Claim: If $M > 0$ is such that $|a_{ij}|\le M$ for all $1\le i,j\le d$, then $$|a_{ij}^{(n)}|\le (dM)^n$$ for all $n\in \mathbb N$.
Proof. I have proved this claim by induction. The base case is trivial, since $d\ge 1$. It is easily seen that $$\left|a_{ij}^{(n+1)}\right| = \left|\sum_{p=1}^d a_{ip}^{(n)} a_{pj}\right| \le \sum_{p=1}^d |a_{ip}^{(n)}|| a_{pj}| \le \sum_{p=1}^d (dM)^n M = (dM)^{n+1}$$
Questions:
I am looking for direct proofs (i.e. without induction) of the above result. Could I get some suggestions?
Are better bounds known? That is, can we find $\lambda(M,n,d)$ such that if $|a_{ij}|\le M$ for all $1\le i,j\le d$, then $|a_{ij}^{(n)}|\le \lambda(M,n,d)$ for all $n\in \mathbb N$, where $\lambda(M,n,d) < (dM)^n$?

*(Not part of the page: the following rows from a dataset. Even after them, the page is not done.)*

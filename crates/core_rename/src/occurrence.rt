//! The names that occur in a declaration and that no parameter hides.

ghost use Rattle.std.specs.Prelude.{◌≡◌, [], ◌++◌, map, IfOk, OnOk};
ghost use Rattle.std.specs.Option.{option_map};
ghost use Rattle.std.specs.List.{flat_map};
ghost use Rattle.core_syntax.specs.View.{tree, type_tree, node_tree, attribute_tree, attributes_tree, statement_tree, block_tree, parameter_tree, declaration_tree};
ghost use Rattle.core_syntax.specs.Tree.{exps};
ghost use Rattle.core_link_spec.specs.Occurrences as spec;
ghost use Rattle.core_rename.specs.Scopes.{texts};
ghost use Rattle.core_rename.specs.Parts.{Adds, in_value, in_signature, in_call};

use crate::scope::Scope;
use core_syntax::{
    Attribute, Attributes, CompoundStatement, Declaration, Expression, ExpressionNode,
    FormalParameter, Function, FunctionCall, GlobalDeclaration, Statement, TemplateArg,
    TypeExpression,
};
use std::alloc::{AllocError, Global};

/// The names that occur in a declaration before its own name: in its attributes.
pub fn names_before<'a>(
    alloc: Global,
    declaration: &'a GlobalDeclaration,
) -> Result<Vec<&'a str>, AllocError>
    ensures { IfOk result (λ found. texts found.items ≡ spec.names_before (declaration_tree declaration.now)) }
{
    let mut found = Vec::new(alloc);
    let scope = Scope::module(alloc);
    match declaration {
        GlobalDeclaration::Declaration(declaration) => {
            add_attributes(&mut found, &scope, &declaration.attributes)?
        }
        GlobalDeclaration::Function(function) => add_attributes(
            &mut found,
            &scope,
            &function.attributes,
        )?,
    }
    Ok(found)
}

/// The names that occur behind a declaration's own name, in the scope of the module.
pub fn names_behind<'a>(
    alloc: Global,
    declaration: &'a GlobalDeclaration,
) -> Result<Vec<&'a str>, AllocError>
    ensures { IfOk result (λ found. texts found.items ≡ spec.names_behind (declaration_tree declaration.now)) }
{
    let mut found = Vec::new(alloc);
    let scope = Scope::module(alloc);
    match declaration {
        GlobalDeclaration::Declaration(declaration) => add_value(&mut found, &scope, declaration)?,
        GlobalDeclaration::Function(function) => add_signature(&mut found, &scope, function)?,
    }
    Ok(found)
}

/// The names that occur in a function's body and that no parameter hides.
pub fn names_in_body<'a>(
    alloc: Global,
    declaration: &'a GlobalDeclaration,
) -> Result<Vec<&'a str>, AllocError>
    ensures { IfOk result (λ found. texts found.items ≡ spec.names_in_body (declaration_tree declaration.now)) }
{
    let mut found = Vec::new(alloc);
    if let GlobalDeclaration::Function(function) = declaration {
        let body = Scope::body(alloc, function.parameters.as_slice())?;
        add_block(&mut found, &body, &function.body)?;
    }
    Ok(found)
}

/// The names that occur in a declaration, in text order.
pub fn occurrences<'a>(
    alloc: Global,
    declaration: &'a GlobalDeclaration,
) -> Result<Vec<&'a str>, AllocError>
    ensures { IfOk result (λ found. texts found.items ≡ spec.occurrences (declaration_tree declaration.now)) }
{
    let mut found = names_before(alloc, declaration)?;
    let behind = names_behind(alloc, declaration)?;
    let body = names_in_body(alloc, declaration)?;
    found.extend_from_slice(behind.as_slice())?;
    found.extend_from_slice(body.as_slice())?;
    Ok(found)
}

fn add_value<'a>(
    found: &mut Vec<&'a str>,
    scope: &Scope<'a>,
    declaration: &'a Declaration,
) -> Result<(), AllocError>
    ensures { OnOk result (Adds found.old.items found.new.items (in_value scope.now declaration.now)) }
{
    if let Some(ty) = &declaration.ty {
        add_type(found, scope, ty)?;
    }
    if let Some(initializer) = &declaration.initializer {
        add_expression(found, scope, initializer.node())?;
    }
    Ok(())
}

fn add_signature<'a>(
    found: &mut Vec<&'a str>,
    scope: &Scope<'a>,
    function: &'a Function,
) -> Result<(), AllocError>
    requires { scope.now ≡ [] }
    ensures { OnOk result (Adds found.old.items found.new.items (in_signature function.now)) }
{
    for parameter in function.parameters.as_slice() {
        add_parameter(found, scope, parameter)?;
    }
    add_attributes(found, scope, &function.return_attributes)?;
    if let Some(ty) = &function.return_type {
        add_type(found, scope, ty)?;
    }
    Ok(())
}

fn add_parameter<'a>(
    found: &mut Vec<&'a str>,
    scope: &Scope<'a>,
    parameter: &'a FormalParameter,
) -> Result<(), AllocError>
    requires { scope.now ≡ [] }
    ensures { OnOk result (texts found.new.items ≡ texts found.old.items ++ spec.in_parameter (parameter_tree parameter.now)) }
{
    add_attributes(found, scope, &parameter.attributes)?;
    add_type(found, scope, &parameter.ty)
}

fn add_block<'a>(
    found: &mut Vec<&'a str>,
    scope: &Scope<'a>,
    block: &'a CompoundStatement,
) -> Result<(), AllocError>
    ensures { OnOk result (texts found.new.items ≡ texts found.old.items ++ spec.in_block scope.now (block_tree block.now)) }
{
    add_attributes(found, scope, &block.attributes)?;
    for statement in block.statements.as_slice() {
        add_statement(found, scope, statement.node())?;
    }
    Ok(())
}

fn add_statement<'a>(
    found: &mut Vec<&'a str>,
    scope: &Scope<'a>,
    statement: &'a Statement,
) -> Result<(), AllocError>
    ensures { OnOk result (texts found.new.items ≡ texts found.old.items ++ spec.in_statement scope.now (statement_tree statement.now)) }
{
    match statement {
        Statement::Return(statement) => {
            add_attributes(found, scope, &statement.attributes)?;
            if let Some(expression) = &statement.expression {
                add_expression(found, scope, expression.node())?;
            }
            Ok(())
        }
    }
}

fn add_attributes<'a>(
    found: &mut Vec<&'a str>,
    scope: &Scope<'a>,
    attributes: &'a Attributes,
) -> Result<(), AllocError>
    ensures { OnOk result (texts found.new.items ≡ texts found.old.items ++ spec.in_attributes scope.now (attributes_tree attributes.now)) }
{
    for attribute in attributes.as_slice() {
        add_attribute(found, scope, attribute.node())?;
    }
    Ok(())
}

fn add_attribute<'a>(
    found: &mut Vec<&'a str>,
    scope: &Scope<'a>,
    attribute: &'a Attribute,
) -> Result<(), AllocError>
    ensures { OnOk result (texts found.new.items ≡ texts found.old.items ++ spec.in_attribute scope.now (attribute_tree attribute.now)) }
{
    match attribute {
        Attribute::Fragment => Ok(()),
        Attribute::Location(expression) => add_expression(found, scope, expression.node()),
    }
}

#[cycle(occurring)]
#[tactic(auto, using(crate::proofs::TreeLemmas::in_call, crate::proofs::TreeLemmas::in_named))]
fn add_expression<'a>(
    found: &mut Vec<&'a str>,
    scope: &Scope<'a>,
    expression: &'a Expression,
) -> Result<(), AllocError>
    ensures { OnOk result (texts found.new.items ≡ texts found.old.items ++ spec.in_expression scope.now (tree expression.now)) }
{
    match expression {
        Expression::Literal(_) => Ok(()),
        Expression::Parenthesized(x) => add_expression(found, scope, x.expression.node()),
        Expression::Unary(x) => add_expression(found, scope, x.operand.node()),
        Expression::Binary(x) => {
            add_expression(found, scope, x.left.node())?;
            add_expression(found, scope, x.right.node())
        }
        Expression::FunctionCall(x) => add_call(found, scope, x.get()),
        Expression::TypeOrIdentifier(ty) => add_type(found, scope, ty),
    }
}

#[cycle(occurring)]
fn add_call<'a>(
    found: &mut Vec<&'a str>,
    scope: &Scope<'a>,
    call: &'a FunctionCall,
) -> Result<(), AllocError>
    ensures { OnOk result (Adds found.old.items found.new.items (in_call scope.now call.now)) }
{
    add_type(found, scope, &call.ty)?;
    add_expressions(found, scope, call.arguments.as_slice())
}

#[cycle(occurring)]
fn add_expressions<'a>(
    found: &mut Vec<&'a str>,
    scope: &Scope<'a>,
    expressions: &'a [ExpressionNode],
) -> Result<(), AllocError>
    ensures { OnOk result (texts found.new.items ≡ texts found.old.items ++ spec.in_expressions scope.now (exps (map node_tree expressions.now))) }
{
    for expression in expressions {
        add_expression(found, scope, expression.node())?;
    }
    Ok(())
}

/// A name behind a path is no occurrence yet: no text has one.
#[cycle(occurring)]
fn add_type<'a>(
    found: &mut Vec<&'a str>,
    scope: &Scope<'a>,
    ty: &'a TypeExpression,
) -> Result<(), AllocError>
    ensures { OnOk result (texts found.new.items ≡ texts found.old.items ++ spec.in_type scope.now (type_tree ty.now)) }
{
    if ty.path.is_none() {
        add_name(found, scope, ty.ident.as_str())?;
    }
    match &ty.template_args {
        None => Ok(()),
        Some(arguments) => add_template(found, scope, arguments.get().as_slice()),
    }
}

#[cycle(occurring)]
fn add_template<'a>(
    found: &mut Vec<&'a str>,
    scope: &Scope<'a>,
    arguments: &'a [TemplateArg],
) -> Result<(), AllocError>
    ensures { OnOk result (texts found.new.items ≡ texts found.old.items ++ spec.in_expressions scope.now (exps (map (λ a. node_tree a.expression) arguments.now))) }
{
    for argument in arguments {
        add_expression(found, scope, argument.expression.node())?;
    }
    Ok(())
}

fn add_name<'a>(
    found: &mut Vec<&'a str>,
    scope: &Scope<'a>,
    name: &'a str,
) -> Result<(), AllocError>
    ensures { OnOk result (texts found.new.items ≡ texts found.old.items ++ spec.unless_local scope.now name.now) }
{
    if !scope.hides(name) {
        found.push(name)?;
    }
    Ok(())
}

The best upper bound is $d^{n-1}M^n$: \begin{aligned} |(A^n)_{ij}| &=\left|\sum_{(k_1,k_2,\ldots,k_{n-1})\in[d]^{n-1}} a_{ik_1}a_{k_1k_2}\cdots a_{k_{n-1}j}\right|\\ &\le\sum_{(k_1,k_2,\ldots,k_{n-1})\in[d]^{n-1}} |a_{ik_1}a_{k_1k_2}\cdots a_{k_{n-1}j}|\\ &\le\sum_{(k_1,k_2,\ldots,k_{n-1})\in[d]^{n-1}}M^n\\ &=d^{n-1}M^n. \end{aligned} This bound is sharp. It is attained when every element of $A$ is equal to $M$.